Neben Jonathan gab es dann doch den ein oder anderen Mann auf dem Turnier. Die lieben Jenaer Jungs kümmerten sich wirklich fantastisch um unser aller leibliches Wohl: sie kredenzten Kekse, Kaffee, selbstgebackenen Kuchen, selbstgemachtes Curry, Mangolassi, vegetarische Grillspieße und selbstgemachte Kräuterbutter zu Grillkäse und Steak. Die Jungs schienen sich in ihren Rollen sehr wohl zu fühlen. Einer schien sogar seine „weibliche“ Ader entdeckt zu haben und ordnete die Kekse immer besonders hübsch an.

Fun fact number 2: Die Hälfte der Teilnehmerinnen waren Vegetarierinnen.

Die Atmosphäre auf dem Turnier wurde von den meisten als sehr entspannt, freundlich und irgendwie weniger aggressiv als sonst empfunden. Lag es daran, dass auf dem Turnier nur Frauen waren? Oder lag es daran, dass das Turnier uns alle durch die familiäre Größe und Jena’s sommerlichen Charme bezaubert hat?

Fun fact number 3: Das Turnier wurde von einem reinen Frauenteam gewonnen! Glückwunsch an Franziska aus Greifswald und Sophie aus Halle! Beste Rednerin wurde ebenfalls eine Frau: Glückwunsch an Katharina aus Münster!

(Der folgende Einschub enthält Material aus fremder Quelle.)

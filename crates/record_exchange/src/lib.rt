// What an exchange of a line tells: an act, read out of request and reply. It sees no state and no area.
#![tactic(auto)]

ghost use Rattle.std.specs.Prelude.{◌≡◌, length};
ghost use Rattle.record_exchange.specs.Exchange.{idle, answered_ok, command_told, command_read, data_told, data_read, exchange_read, CanMove};

use flash::Act;
use packet_fields::Com;

// What an exchange tells.
#[derive(Clone, Copy)]
pub struct Told {
    pub act: Act,
    pub landing: Option<usize>,
}

// Nothing is done.
fn idle(landing: Option<usize>) -> Told
    ensures { result ≡ idle landing }
{
    Told {
        act: Act::Nothing,
        landing,
    }
}

// Whether the reply is the OK status of the request's own COM or RES.
fn answered_ok(request: &[u8], reply: &[u8]) -> bool
    ensures { result ≡ answered_ok request.now reply.now }
{
    let mut status = [0u8; 7];
    packet_reply::put_status(&mut status, packet_fields::byte_at(request, 3), Ok(()));
    numbers::equal(reply, &status)
}

// A command that was answered OK.
#[tactic(auto, unfolding(crate::specs::Exchange::command_told))]
fn command_told(request: &[u8], cmd: Com, landing: Option<usize>) -> Told
    ensures { result ≡ command_told request.now cmd landing }
{
    match cmd {
        Com::Erase => {
            let sad = packet_fields::four_at(request, 4);
            let ead = packet_fields::four_at(request, 8);
            Told {
                act: Act::EraseRange(sad, ead),
                landing,
            }
        }
        Com::Write => idle(Some(packet_fields::four_at(request, 4) as usize)),
        Com::Authenticate if id_code::is_erase_code(packet_fields::info(request)) => Told {
            act: Act::EraseAll,
            landing,
        },
        _ => idle(landing),
    }
}

// A command and its reply.
#[tactic(auto, unfolding(crate::specs::Exchange::command_read))]
fn read_command(request: &[u8], reply: &[u8], landing: Option<usize>) -> Told
    ensures { result ≡ command_read request.now reply.now landing }
{
    let cmd = Com::from(packet_fields::byte_at(request, 3));
    if packet_fields::info_count(request) != packet_fields::info_length(cmd)
        || !answered_ok(request, reply)
    {
        return idle(landing);
    }
    command_told(request, cmd, landing)
}

// Write data that was answered OK. `CanMove` stays a clause: how far a landing place can be moved goes by the request beside it.
#[tactic(auto, unfolding(crate::specs::Exchange::data_told))]
fn data_told(request: &[u8], landing: Option<usize>) -> Told
    requires { CanMove landing (length request.now) }
    ensures { result ≡ data_told request.now landing }
{
    match landing {
        None => idle(landing),
        Some(address) => {
            let count = packet_fields::info_count(request);
            Told {
                act: Act::Store(address, count),
                landing: Some(address + count),
            }
        }
    }
}

// A data packet and its reply.
#[tactic(auto, unfolding(crate::specs::Exchange::data_read))]
fn read_data(request: &[u8], reply: &[u8], landing: Option<usize>) -> Told
    requires { CanMove landing (length request.now) }
    ensures { result ≡ data_read request.now reply.now landing }
{
    if packet_fields::byte_at(request, 3) != packet_fields::WRITE || !answered_ok(request, reply) {
        return idle(landing);
    }
    data_told(request, landing)
}

// A request and its reply.
#[tactic(auto, unfolding(crate::specs::Exchange::exchange_read))]
pub fn read_exchange(request: &[u8], reply: &[u8], landing: Option<usize>) -> Told
    requires { CanMove landing (length request.now) }
    ensures { result ≡ exchange_read request.now reply.now landing }
{
    if !packet::is_good(request) {
        return idle(landing);
    }
    if packet_fields::byte_at(request, 0) == 0x01 {
        return read_command(request, reply, landing);
    }
    read_data(request, reply, landing)
}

Das Turnier und die grundsätzliche Idee eines Frauenturniers wurden von den Teilnehmerinnen sehr begrüßt. Wir fragten uns alle: Warum debattieren weniger Frauen? Sind Frauen erst einmal im Debattierclub (hier fängt es schon an, es kommen oft weniger Frauen als Männer), so scheint es, als würden sie mehr Ermutigung brauchen, um auf ein Turnier zu fahren. Die erfahrenen Mädels berichteten aus ihren Clubs. Viele fanden den Austausch über mögliche frauenspezifische Probleme sehr hilfreich und nahmen Ideen mit. Das Bewusstsein wurde gestärkt. Es gilt zu schauen, wie sich die Situation in den Clubs entwickelt. Die Damen wünschten sich für das nächste Frauenturnier mehr Beteiligung anderer Mädels und einen Workshop zum Debattieren. Wir freuen uns auf das nächste Frauenturnier!

P.S.: Einen ganz herzlichen Dank an unsere Tabmasterin Severin Weingarten, die extra für das Turnier ein Tabbingprogramm geschrieben hat!

*Es wird durchgehend die weibliche Form benutzt; die männliche Form ist impliziert.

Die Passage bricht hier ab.